What is Vibe Coding?
Vibe coding is a term for coding with the assistance of AI — essentially, using AI tools to do the heavy lifting of writing code while you focus on guiding the process with ideas and descriptions. The phrase started as a Silicon Valley buzzword (coined by AI expert Andrej Karpathy) to describe “using AI tools … for the heavy lifting in coding to quickly build software”. In vibe coding, you don’t write every line of code by hand. Instead, you communicate what you want (the “vibe” of the program or feature), and the AI generates the code for you.
This approach marks a shift in how software can be created. Traditionally, developing software meant knowing programming languages and writing precise syntax. But AI advancements are changing that paradigm. Modern AI coding assistants can understand plain English problem descriptions and produce working code. As Karpathy humorously noted, “the hottest new programming language is English” meaning that describing what your program should do in English can be as effective as writing the code yourself. Vibe coding embraces this shift from manual coding to AI-assisted generation.
The term “vibe coding” gained popularity after Karpathy shared his experience of building software by fully giving in to the vibes — essentially forgetting about the code and just iteratively prompting the AI. “It’s not really coding — I just see stuff, say stuff, run stuff, and copy-paste stuff, and it mostly works,” he wrote, highlighting how different this feels from traditional programming. In other words, vibe coding is more like conversing with your computer about what you want, rather than manually typing out every function. This idea of programming by chat (or even by voice) has opened up programming to people who might not be fluent in any coding language. One enthusiast described vibe coding as programming “by chatting with LLMs or even by voice” instead of writing code directly.

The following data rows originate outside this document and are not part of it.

//! The block map's pages as bytes.
//!
//! A page has 812 mappings. In a leaf they are those of addresses, and above they lead to pages. All numbers are
//! little-endian.
//!
//! | Byte in the page | Field |
//! |---|---|
//! | 0 | `VMP1` |
//! | 4 | nonce of the image, 8 bytes |
//! | 12 | the page's own block, 8 bytes |
//! | 20 | tree, 1 byte |
//! | 21 | level, 1 byte; a leaf has 0 |
//! | 22 | two zeros |
//! | 24 | the page's number on its level, 4 bytes |
//! | 28 | eight zeros |
//! | 36 | 812 entries of 5 bytes; that of slot `s` begins at 36 + 5 × `s` |
//!
//! An entry's first byte has its state in the low half, and in the high half the bits of its block from 32 on. Then
//! come the low 32 bits.
//!
//! | State | Block | Mapping |
//! |---|---|---|
//! | 0 | 0 | unmapped |
//! | 1 | 0, in a leaf | zeros |
//! | 1 | a data block of a slab | that block |
//! | 2 to 15 | any | refused, `Compressed` |
//! | otherwise | | refused, `OutOfRange` |
//!
//! An entry may cross two sectors. After a stop within the write of a page such an entry may be a mixture, and so each
//! slot can be read by itself.
//!
//! Most pages have few mappings: reader and writer pass over 28 slots at once where all of them are unmapped, and the
//! reader over all 812.
//!
//! Only tested: vectors that another program computed; a page for each fault.
#![tactic(auto)]

mod decoder;
mod encoder;
mod fault;
mod forms;
mod laws;

pub use decoder::{decode, decode_mappings, slot};
pub use encoder::{are_unmapped, encode, encode_unmapped};
pub use fault::PageFault;
pub use forms::{MapPage, PageHead};
pub use laws::{
    a_page_is_its_slots, a_torn_page_keeps_whole_slots, bytes_have_one_reading,
    what_is_written_is_read,
};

AI assistance is lowering the barrier to entry for creating software. People with ideas but little coding experience can now build prototypes by describing their vision to an AI. Meanwhile, even experienced developers are using these tools to automate rote tasks and speed up development. AI can generate boilerplate code (the repetitive, standard parts of programs) so that humans can focus on higher-level design. It’s also enabling much faster prototyping — what might take days or weeks to code from scratch can sometimes be achieved in a few hours of back-and-forth with an AI. This democratisation of coding means more people can bring their ideas to life. “Software engineers have remained in hot demand… but the arrival of AI that can ‘vibe’ code into existence has some industry leaders predicting big changes,” with experts expecting software engineering to look “very different by the end of 2025” due to these AI capabilities.
How Vibe Coding Works
Vibe coding works through a tight interplay between human guidance and AI generation. Humans provide instructions, descriptions, or goals in everyday language, and AI tools translate those into code. The process is typically iterative and interactive:
- You describe what you want: For example, you might say “Create a simple web page that displays the current weather for a city the user enters.” This description (called a prompt) is given to an AI coding assistant.

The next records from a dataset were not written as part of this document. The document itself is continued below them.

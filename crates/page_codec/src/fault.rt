use thiserror::Error;

/// Why a block isn't the page that it was taken for.
#[derive(Clone, Copy, Debug, PartialEq, Eq, Error)]
pub enum PageFault {
    /// Its first 36 bytes aren't those of this page.
    #[error("header")]
    Header,
    /// The state of this slot is above 1.
    #[error("slot {0} compressed")]
    Compressed(u16),
    /// This slot has no mapping that the page can hold.
    #[error("slot {0} out of range")]
    OutOfRange(u16),
}
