impl<'a> Insertion<'a> {
    // The level of record i, 0 where there is none.
    // Kept: no Option, which is no plainer: at the end every waiting tree is due, as it is before a record at level 0.
    fn next_level(&self, t: &[u8], i: usize) -> u8
        requires { (4 + (self.now.n + self.now.gap) * 32 ≤ length t.now) × (i ≤ self.now.n) }
        ensures { result ≡ front level (rest self.now.n self.now.gap i t.now) }
    {
        if i < self.n {
            t[COUNT_BYTES + (self.gap + i) * RECORD_BYTES]
        } else {
            0
        }
    }

    // Writes the tree that waits at the last of the levels, `up` levels below it.
    fn flush_tree(&self, t: &mut [u8], up: u8, at: &mut Pass)
        requires d_nonzero { (0 < at.old.d) × (at.old.d ≤ length at.old.levels)
            × (4 + (at.old.w + self.now.m) * 32 ≤ length t.old) × (self.now.m * 32 ≤ length self.now.tree.now) }
        requires d_bound { (get_or at.old.levels (at.old.d - 1) 0 < 12) × (up ≤ 1)
            × (Shallow up self.now.m self.now.tree.now (get_or at.old.levels (at.old.d - 1) 0)) }
        ensures at_after { (at.new.i ≡ at.old.i) × (at.new.w ≡ at.old.w + self.now.m) × (at.new.d ≡ at.old.d - 1)
            × (at.new.levels ≡ at.old.levels) }
        ensures t_after { (chunks (at.old.w + self.now.m) (drop 4 t.new)
            ≡ chunks at.old.w (drop 4 t.old)
            ++ raise (up + get_or at.old.levels (at.old.d - 1) 0) (chunks self.now.m self.now.tree.now))
            × (drop (4 + (at.old.w + self.now.m) * 32) t.new ≡ drop (4 + (at.old.w + self.now.m) * 32) t.old) }
    {
        at.d -= 1;
        let k = at.levels[at.d];
        put_tree(t, at.w, self.tree, self.m, up + k);
        at.w += self.m;
    }

    // Takes the next record, which is at level l; where it is marked, the tree waits at l.
    fn take_record(&self, t: &mut [u8], l: u8, at: &mut Pass)
        requires { (at.old.w ≤ self.now.gap + at.old.i) × (4 + (self.now.gap + at.old.i) * 32 + 32 ≤ length t.old)
            × (at.old.i < length self.now.marks.now) × (at.old.d < length at.old.levels) }
        ensures i_value { (at.new.i ≡ at.old.i + 1) × (at.new.w ≡ at.old.w + 1) × (at.new.d ≤ at.old.d + 1)
            × (stack at.new.d at.new.levels ≡ cond (not (eqb (get_or self.now.marks.now at.old.i 0) 0))
            (l ∷ stack at.old.d at.old.levels) (stack at.old.d at.old.levels)) }
        ensures room { length at.new.levels ≡ length at.old.levels }
        ensures t_after { (take (4 + at.old.w * 32 + 32) t.new ≡ take (4 + at.old.w * 32) t.old ++ take 32
            (drop (4 + (self.now.gap + at.old.i) * 32) t.old))
            × (drop (4 + (self.now.gap + at.old.i) * 32 + 32) t.new
            ≡ drop (4 + (self.now.gap + at.old.i) * 32 + 32) t.old) }
    {
        move_record(
            t,
            COUNT_BYTES + (self.gap + at.i) * RECORD_BYTES,
            COUNT_BYTES + at.w * RECORD_BYTES,
        );
        let mark = self.marks[at.i];
        at.i += 1;
        at.w += 1;
        if mark != 0 {
            at.levels[at.d] = l;
            at.d += 1;
        }
    }

    // Writes a waiting tree that is due, or else takes the next record.
    fn turn(&self, t: &mut [u8], up: u8, at: &mut Pass)
        requires fixed { (Fixed self.now.n self.now.gap self.now.m t.old self.now.marks.now self.now.tree.now)
            × (up ≤ 1) }
        requires between { Between self.now.n self.now.gap up self.now.m at.old.i at.old.d self.now.tree.now
            self.now.marks.now t.old at.old.levels }
        requires i_bound { (at.old.i < self.now.n + at.old.d)
            × (length (passing self.now.n self.now.gap up self.now.m self.now.tree.now self.now.marks.now
            at.old.i at.old.w at.old.d t.old at.old.levels)
            ≡ self.now.n + self.now.gap) }
        ensures between_2 { Between self.now.n self.now.gap up self.now.m at.new.i at.new.d self.now.tree.now
            self.now.marks.now t.new at.new.levels }
        ensures d_bound { (self.now.n - at.new.i + (self.now.n - at.new.i) + at.new.d
            < self.now.n - at.old.i + (self.now.n - at.old.i) + at.old.d)
            × (passing self.now.n self.now.gap up self.now.m self.now.tree.now self.now.marks.now
            at.new.i at.new.w at.new.d t.new at.new.levels
            ≡ passing self.now.n self.now.gap up self.now.m self.now.tree.now self.now.marks.now
            at.old.i at.old.w at.old.d t.old at.old.levels) }
    {
        let l = self.next_level(t, at.i);
        if at.is_due(l) {
            self.flush_tree(t, up, at);
        } else {
            self.take_record(t, l, at);
        }
    }

    // Puts the tree behind every marked record and all below it, `up` levels below it.
    fn spread(&self, t: &mut [u8], up: u8)
        requires fixed { (Fixed self.now.n self.now.gap self.now.m t.old self.now.marks.now self.now.tree.now)
            × (up ≤ 1) }
        requires under { (Under level 12 (rest self.now.n self.now.gap 0 t.old))
            × (AtDone (λ r. Shallow up self.now.m self.now.tree.now (level r)) (marks_of self.now.marks.now)
            (rest self.now.n self.now.gap 0 t.old))
            × (length (behind up self.now.m self.now.tree.now self.now.marks.now (rest self.now.n self.now.gap 0 t.old))
            ≡ self.now.n + self.now.gap) }
        ensures { chunks (self.now.n + self.now.gap) (drop 4 t.new)
            ≡ behind up self.now.m self.now.tree.now self.now.marks.now (rest self.now.n self.now.gap 0 t.old) }
    {
        let mut at = Pass {
            i: 0,
            w: 0,
            d: 0,
            levels: [0; 12],
        };
        while at.i < self.n + at.d {
            self.turn(t, up, &mut at);
        }
    }

    // Writes the tree in front of record i, which is at level l, where it is marked; answers how many records are then
    // written.
    fn tree_in_front(&self, t: &mut [u8], l: u8, i: usize, w: usize) -> usize
        requires w_bound { (w ≤ self.now.gap + i) × (4 + (self.now.gap + i) * 32 ≤ length t.old)
            × (self.now.m * 32 ≤ length self.now.tree.now) × (i < length self.now.marks.now) }
        requires m_bound { ((get_or self.now.marks.now i 0 ≡ 0 → ⊥) → w + self.now.m ≤ self.now.gap + i)
            × ((get_or self.now.marks.now i 0 ≡ 0 → ⊥) → Shallow 0 self.now.m self.now.tree.now l) }
        ensures { (result ≤ self.now.gap + i) × (chunks result (drop 4 t.new) ≡ chunks w (drop 4 t.old) ++ cond
            (not (eqb (get_or self.now.marks.now i 0) 0)) (raise l (chunks self.now.m self.now.tree.now)) [])
            × (drop (4 + (self.now.gap + i) * 32) t.new ≡ drop (4 + (self.now.gap + i) * 32) t.old) }
    {
        if self.marks[i] != 0 {
            put_tree(t, w, self.tree, self.m, l);
            return w + self.m;
        }
        w
    }

    // Takes record i, with the tree in front of it where it is marked.
    fn step_front(&self, t: &mut [u8], i: usize, w: usize) -> usize
        requires fixed { Fixed self.now.n self.now.gap self.now.m t.old self.now.marks.now self.now.tree.now }
        requires i_lt_n { (i < self.now.n)
            × (AtDone (λ r. Shallow 0 self.now.m self.now.tree.now (level r)) (marks_of (drop i self.now.marks.now))
            (rest self.now.n self.now.gap i t.old))
            × (length (passing_front self.now.n self.now.gap self.now.m self.now.tree.now self.now.marks.now i w t.old)
            ≡ self.now.n + self.now.gap) }
        ensures { (AtDone (λ r. Shallow 0 self.now.m self.now.tree.now (level r))
            (marks_of (drop (i + 1) self.now.marks.now)) (rest self.now.n self.now.gap (i + 1) t.new))
            × (passing_front self.now.n self.now.gap self.now.m self.now.tree.now self.now.marks.now
            (i + 1) result t.new
            ≡ passing_front self.now.n self.now.gap self.now.m self.now.tree.now self.now.marks.now i w t.old) }
    {
        let at = COUNT_BYTES + (self.gap + i) * RECORD_BYTES;
        let l = t[at];
        let p = self.tree_in_front(t, l, i, w);
        move_record(t, at, COUNT_BYTES + p * RECORD_BYTES);
        p + 1
    }

    // Puts the tree in front of every marked record.
    fn spread_front(&self, t: &mut [u8])
        requires fixed { Fixed self.now.n self.now.gap self.now.m t.old self.now.marks.now self.now.tree.now }
        requires at_done { (AtDone (λ r. Shallow 0 self.now.m self.now.tree.now (level r)) (marks_of self.now.marks.now)
            (rest self.now.n self.now.gap 0 t.old))
            × (length (in_front self.now.m self.now.tree.now self.now.marks.now (rest self.now.n self.now.gap 0 t.old))
            ≡ self.now.n + self.now.gap) }
        ensures { chunks (self.now.n + self.now.gap) (drop 4 t.new)
            ≡ in_front self.now.m self.now.tree.now self.now.marks.now (rest self.now.n self.now.gap 0 t.old) }
    {
        let mut w = 0;
        for i in 0..self.n {
            w = self.step_front(t, i, w);
        }
    }

    // One of the two passes, by the place.
    fn spread_by(&self, t: &mut [u8], place: Place)
        requires fixed { Fixed self.now.n self.now.gap self.now.m t.old self.now.marks.now self.now.tree.now }
        requires under { (Under level 12 (rest self.now.n self.now.gap 0 t.old))
            × (AtDone (λ r. Shallow (lower place) self.now.m self.now.tree.now (level r)) (marks_of self.now.marks.now)
            (rest self.now.n self.now.gap 0 t.old))
            × (length (placed place self.now.m self.now.tree.now (marks_of self.now.marks.now)
            (rest self.now.n self.now.gap 0 t.old)) ≡ self.now.n + self.now.gap) }
        ensures { chunks (self.now.n + self.now.gap) (drop 4 t.new)
            ≡ placed place self.now.m self.now.tree.now (marks_of self.now.marks.now)
            (rest self.now.n self.now.gap 0 t.old) }
    {
        match place {
            Place::Append => self.spread(t, 1),
            Place::After => self.spread(t, 0),
            Place::Before => self.spread_front(t),
        }
    }

    // The insertion into a table with n records and room for `gap` more; the count and the bytes after the records too.
    fn fill(&self, t: &mut [u8], place: Place)
        requires fixed { Fixed self.now.n self.now.gap self.now.m t.old self.now.marks.now self.now.tree.now }
        requires gap_bound { (self.now.n + self.now.gap < 2 ^ 32) × (Under level 12 (chunks self.now.n (drop 4 t.old)))
            × (AtDone (λ r. Shallow (lower place) self.now.m self.now.tree.now (level r)) (marks_of self.now.marks.now)
            (chunks self.now.n (drop 4 t.old)))
            × (length (placed place self.now.m self.now.tree.now (marks_of self.now.marks.now)
            (chunks self.now.n (drop 4 t.old))) ≡ self.now.n + self.now.gap) }
        ensures { t.new ≡ changed t.old (placed place self.now.m self.now.tree.now (marks_of self.now.marks.now)
            (chunks self.now.n (drop 4 t.old))) }
    {
        shift_up(
            t,
            COUNT_BYTES,
            COUNT_BYTES + self.n * RECORD_BYTES,
            self.gap * RECORD_BYTES,
        );
        self.spread_by(t, place);
        clear_from(t, COUNT_BYTES + (self.n + self.gap) * RECORD_BYTES);
        put_count(t, self.n + self.gap);
    }
}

- The AI generates code: The AI, which has been trained on vast amounts of programming knowledge, will attempt to produce code that fulfills your request. It might write the HTML, CSS, and JavaScript needed for the weather page automatically. Essentially, the AI acts like an autocomplete on steroids — it predicts the code that matches your description.
- You review and refine: After the AI provides some code, you (the human) check it. Does the web page work? Maybe the AI’s first attempt has issues or isn’t quite what you envisioned. You then tell the AI what to change or fix. For instance, “The page looks too plain, make the design more colorful and add error handling if the city is not found.” The AI will take this feedback and modify the code accordingly.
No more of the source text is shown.